Presidents also receive faster access to better specialists, in part because few can refuse such an important patient. (As Rob Darling, the White House physician for Bill Clinton, told the Los Angeles Times, “If the president comes to us this morning with a mole on his cheek, a dermatologist will be seeing him today.”) This might not always be a good thing, since VIPs like the president are sometimes overtreated by their starstruck doctors. Regardless, too much quick access to specialists is not a problem most Americans have: 51 percent struggle to find care in the evenings and on weekends without going to an emergency room, according to the Commonwealth Fund.
At one point, the president was allowed to leave Walter Reed before he was discharged to take a joyride and wave to his supporters. Though few contagious people would ask to do this, it’s unlikely that a hospital would let them if they tried. “They would never, ever let anybody else do that,” McDermott says. (A spokesperson for Walter Reed told me, “Our COVID-19 treatment plans are uniquely tailored based on the presentation of each individual patient, and these treatments also adhere to the most updated national societal guidelines.”)
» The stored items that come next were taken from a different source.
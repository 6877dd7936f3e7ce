/// A triangle by the numbers of its corners, counterclockwise. Side 0 goes from `a` to `b`, side 1 from `b` to `c`, side 2
/// from `c` to `a`.
#[derive(Clone, Copy, Debug, PartialEq, Eq)]
pub struct Tri {
    pub a: u32,
    pub b: u32,
    pub c: u32,
}
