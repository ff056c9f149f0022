// Runs the script on standard input. All of it is read first, so that texts to print may wait and be written many at a time.
#![tactic(auto)]

use bank::bank::Network;
use script::script::{BUFFER, fill, start};
use std::io;
use streams::read_full;
use table::table::LIMIT;

// A write that fails ends it with that error.
fn main(rt: HostRuntime) -> io::Result<()> {
    // No heap. One byte more than the limit shows that an input is too long.
    let mut input = [0u8; LIMIT + 1];
    // A read that fails is the end of the input.
    let (n, _) = read_full(&mut rt.stdin(), &mut input);
    let mut network = Network::EMPTY;
    let mut texts = [0u8; BUFFER];
    let mut run = start();
    for k in 0..n + 2 {
        run = fill(run, &input[..n], &mut network, &mut texts);
        let length = run.length;
        rt.write_all(&texts[..length])?;
        if run.over {
            return Ok(());
        }
    }
    Ok(())
}
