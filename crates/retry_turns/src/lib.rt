//! Which transaction of the coordinator is due next: each transaction in its second phase is planned for a moment, and the
//! one with the least moment goes first. The rule is this project's own; Seata retries by a timer.
#![tactic(auto)]

mod queue;
mod turns;

pub use turns::Turns;
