//! The queue of plans, by moment and then by number. It may have plans that don't stand any longer, but not as its first.
ghost use Rattle.std.specs.Prelude.{◌≡◌, ◌≤◌, ◌<◌, ◌+◌, ◌^◌, ◌↔◌, OnOk, IfSome, IsTrue, Some, length};
ghost use Rattle.std.specs.BinaryHeap.{heap_items, heap_capacity};
ghost use Rattle.retry_turns.specs.Plans.{moment_of};
ghost use Rattle.retry_turns.specs.Queues.{Awaits, Keeps, IsQueueOf, IsInOrder, IsLeast, first_of};

use seata_types::NoMemory;
use std::cmp::Reverse;
use std::collections::{BTreeMap, BinaryHeap};

/// Moments with their transactions, of which the least comes first.
pub(crate) type Queue = BinaryHeap<Reverse<(u128, u64)>>;

/// Makes room for all plans and one more, and for as many that don't stand any longer: so a queue is made anew only after
/// as many changes as there are plans.
pub(crate) fn make_room(queue: &mut Queue, plans: usize) -> Result<(), NoMemory>
    requires { plans < 2 ^ 63 }
    ensures items { heap_items queue.new ≡ heap_items queue.old }
    ensures room { heap_capacity queue.old ≤ heap_capacity queue.new }
    ensures ok { OnOk result (plans + 1 ≤ heap_capacity queue.new) }
{
    let room = (plans + 1).saturating_mul(2);
    queue.reserve(room.saturating_sub(queue.len()))?;
    Ok(())
}

/// Puts a transaction that was planned into the queue of the other plans.
pub(crate) fn put(queue: &mut Queue, moments: &BTreeMap<u64, u128>, number: u64, at: u128)
    requires { Awaits moments.now.entries number at (heap_items queue.old) (heap_capacity queue.old) }
    ensures { IsQueueOf moments.now.entries (heap_items queue.new) (heap_capacity queue.new) }
{
    add(queue, moments, number, at);
    settle(queue, moments);
}

// Room may be missing only for what doesn't stand any longer.
fn add(queue: &mut Queue, moments: &BTreeMap<u64, u128>, number: u64, at: u128)
    requires { Awaits moments.now.entries number at (heap_items queue.old) (heap_capacity queue.old) }
    ensures { Keeps moments.now.entries (heap_items queue.new) (heap_capacity queue.new) }
{
    if queue.len() == queue.capacity() {
        return fill(queue, moments);
    }
    let pushed = queue.push(Reverse((at, number)));
    prove!(pushed.is_ok());
    drop(pushed);
}

/// Makes the queue anew of the plans that stand.
fn fill(queue: &mut Queue, moments: &BTreeMap<u64, u128>)
    requires { length moments.now.entries ≤ heap_capacity queue.old }
    ensures { Keeps moments.now.entries (heap_items queue.new) (heap_capacity queue.new) }
{
    queue.clear();
    for (number, at) in moments {
        let pushed = queue.push(Reverse((*at, *number)));
        prove!(pushed.is_ok());
        drop(pushed);
    }
}

/// Whether a transaction is planned for this moment.
fn stands(moments: &BTreeMap<u64, u128>, number: u64, at: u128) -> bool
    ensures { IsTrue result ↔ (moment_of moments.now.entries number ≡ Some at) }
{
    match moments.get(&number) {
        Some(planned) => *planned == at,
        None => false,
    }
}

/// Drops the first ones until a plan that stands comes first.
pub(crate) fn settle(queue: &mut Queue, moments: &BTreeMap<u64, u128>)
    requires { Keeps moments.now.entries (heap_items queue.old) (heap_capacity queue.old) }
    ensures { IsQueueOf moments.now.entries (heap_items queue.new) (heap_capacity queue.new) }
{
    while let Some((at, number)) = first(queue) {
        if stands(moments, number, at) {
            return;
        }
        drop(queue.pop());
    }
}

/// The moment and the transaction that come first.
pub(crate) fn first(queue: &Queue) -> Option<(u128, u64)>
    ensures first { result ≡ first_of (heap_items queue.now) }
    ensures least { IfSome result (λ p. IsInOrder (heap_items queue.now) → IsLeast p (heap_items queue.now)) }
{
    match queue.peek() {
        Some(Reverse((at, number))) => Some((*at, *number)),
        None => None,
    }
}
For Trump’s four-day stay at Walter Reed, the hospital will bill the president’s health insurance, the White House spokesperson Judd Deere told me. Though Barack Obama bought his own health insurance through the Affordable Care Act’s health-insurance exchange, it is not clear which insurance plan Trump has. Deere said that “the president received the same health-insurance options that are available to all federal employees.” He may have been referring to the Federal Employees Health Benefits Program, for which the government pays the majority of the premiums. (Here, too, the president differs from some of his countrymen, 8.5 percent of whom are uninsured—more than were uninsured when Trump took office.)
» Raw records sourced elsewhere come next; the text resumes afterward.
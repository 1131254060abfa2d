//! The plans, each a transaction with the moment at which it is due.
ghost use Rattle.std.specs.Prelude.{◌≡◌, ◌+◌, [], OnOk, OnErr, IsTrue, IsOk};
ghost use Rattle.retry_turns.specs.Plans.{TellsDue, moment_of, is_planned, with_plan, without_plan};

use crate::queue;
use crate::queue::Queue;
use seata_types::{NoMemory, Xid};
use std::alloc::Global;
use std::collections::{BTreeMap, BinaryHeap};
use std::marker::Model;

/// The transactions that are planned, each for one moment in ticks, which may lie behind all moments of 64 bits. Contracts see each
/// with its moment, in order of their numbers.
///
/// Asking takes one look. Planning and forgetting take, over many calls, a logarithm of the plans: a plan that was changed
/// or forgotten may stay in the queue until it comes first, or until the queue is full and is made anew of the plans alone.
#[derive(Drop)]
pub struct Turns {
    moments: BTreeMap<u64, u128>,
    queue: Queue,
}

impl Model for Turns {
    ghost use Rattle.std.specs.BinaryHeap.{heap_items, heap_capacity};
    ghost use Rattle.retry_turns.specs.Plans.{Plans};
    ghost use Rattle.retry_turns.specs.Queues.{IsQueueOf};

    ghost Value = { Plans };

    ghost view = { λ t. t.moments.entries };

    ghost invariant = { λ t. IsQueueOf t.moments.entries (heap_items t.queue) (heap_capacity t.queue) };
}

impl Turns {
    /// Nothing is planned; takes no memory.
    pub fn new(alloc: Global) -> Turns
        ensures { result ≡ [] }
    {
        Turns {
            moments: BTreeMap::new(alloc),
            queue: BinaryHeap::new(alloc),
        }
    }

    /// Plans a transaction for a moment, in place of the one for which it was planned before. Memory is asked for only where
    /// it wasn't planned; where it is refused, the plans are as before.
    pub fn plan(&mut self, xid: Xid, at: u64) -> Result<(), NoMemory>
        ensures planned { OnOk result (self.new ≡ with_plan self.old xid.0 at) }
        ensures refused { OnErr result (self.new ≡ self.old) }
        ensures again { IsTrue (is_planned self.old xid.0) → IsOk result }
    {
        self.put(xid, at as u128)
    }

    /// The same for the moment so many ticks after another one.
    pub fn plan_after(&mut self, xid: Xid, moment: u64, ticks: u64) -> Result<(), NoMemory>
        ensures planned { OnOk result (self.new ≡ with_plan self.old xid.0 (moment + ticks)) }
        ensures refused { OnErr result (self.new ≡ self.old) }
        ensures again { IsTrue (is_planned self.old xid.0) → IsOk result }
    {
        self.put(xid, moment as u128 + ticks as u128)
    }

    // Plans a transaction for a moment.
    fn put(&mut self, xid: Xid, at: u128) -> Result<(), NoMemory>
        ensures planned { OnOk result (self.new ≡ with_plan self.old xid.0 at) }
        ensures refused { OnErr result (self.new ≡ self.old) }
        ensures again { IsTrue (is_planned self.old xid.0) → IsOk result }
    {
        if !self.moments.contains_key(&xid.0) {
            queue::make_room(&mut self.queue, self.moments.len())?;
        }
        self.moments.insert(xid.0, at)?;
        queue::put(&mut self.queue, &self.moments, xid.0, at);
        Ok(())
    }

    /// A transaction is planned no longer, if it was; takes no memory.
    pub fn forget(&mut self, xid: Xid)
        ensures { self.new ≡ without_plan self.old xid.0 }
    {
        self.moments.remove(&xid.0);
        queue::settle(&mut self.queue, &self.moments);
    }

    /// The moment for which a transaction is planned, where it is; takes no memory.
    pub fn moment(&self, xid: Xid) -> Option<u128>
        ensures { result ≡ moment_of self.now xid.0 }
    {
        self.moments.get(&xid.0).copied()
    }

    /// The transaction whose moment is the least of those that have come by `now`, of several with that moment the one with
    /// the least number; none where no moment has come. Takes no memory.
    pub fn next_due(&self, now: u64) -> Option<Xid>
        ensures { TellsDue self.now now result }
    {
        match queue::first(&self.queue) {
            Some((at, number)) if at <= now as u128 => Some(Xid(number)),
            _ => None,
        }
    }
}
For the average American, a hospital stay for COVID-19 would rack up quite a bill. Remdesivir, one of the antiviral drugs Trump took, costs insurers $3,120. For someone insured by a large employer, being hospitalized for COVID-19-related pneumonia could cost more than $1,300 out of pocket, according to an analysis from the Kaiser Family Foundation, and someone insured by a small business might pay even more. Without insurance, the bill would be more like $73,000. People the president’s age would likely be on Medicare, which would charge them $1,408 for their COVID-19 treatment, not including any extended stays or rehab, according to the Kaiser Family Foundation analysis.
A nonmilitary American rushed to a military hospital such as Walter Reed might be faced with an even larger and more relentless medical bill. Civilians currently owe about $198 million to military hospitals for medical treatments, as I reported in January, and unlike nonprofit hospitals, the facilities are required to take “aggressive action” to settle outstanding debts.
Even as Trump was receiving treatment at Walter Reed, his administration was continuing to fight in court to overturn the Affordable Care Act, the 2010 law that dramatically reformed health insurance in this country, prohibiting discrimination against people with preexisting conditions and eliminating lifetime limits on insurance benefits. Trump has repeatedly promised to come up with a replacement health-care plan for the country “very soon,” but has failed to do so. If the ACA were deemed unconstitutional, someone like Trump, who has had COVID-19, could be discriminated against for having a preexisting condition.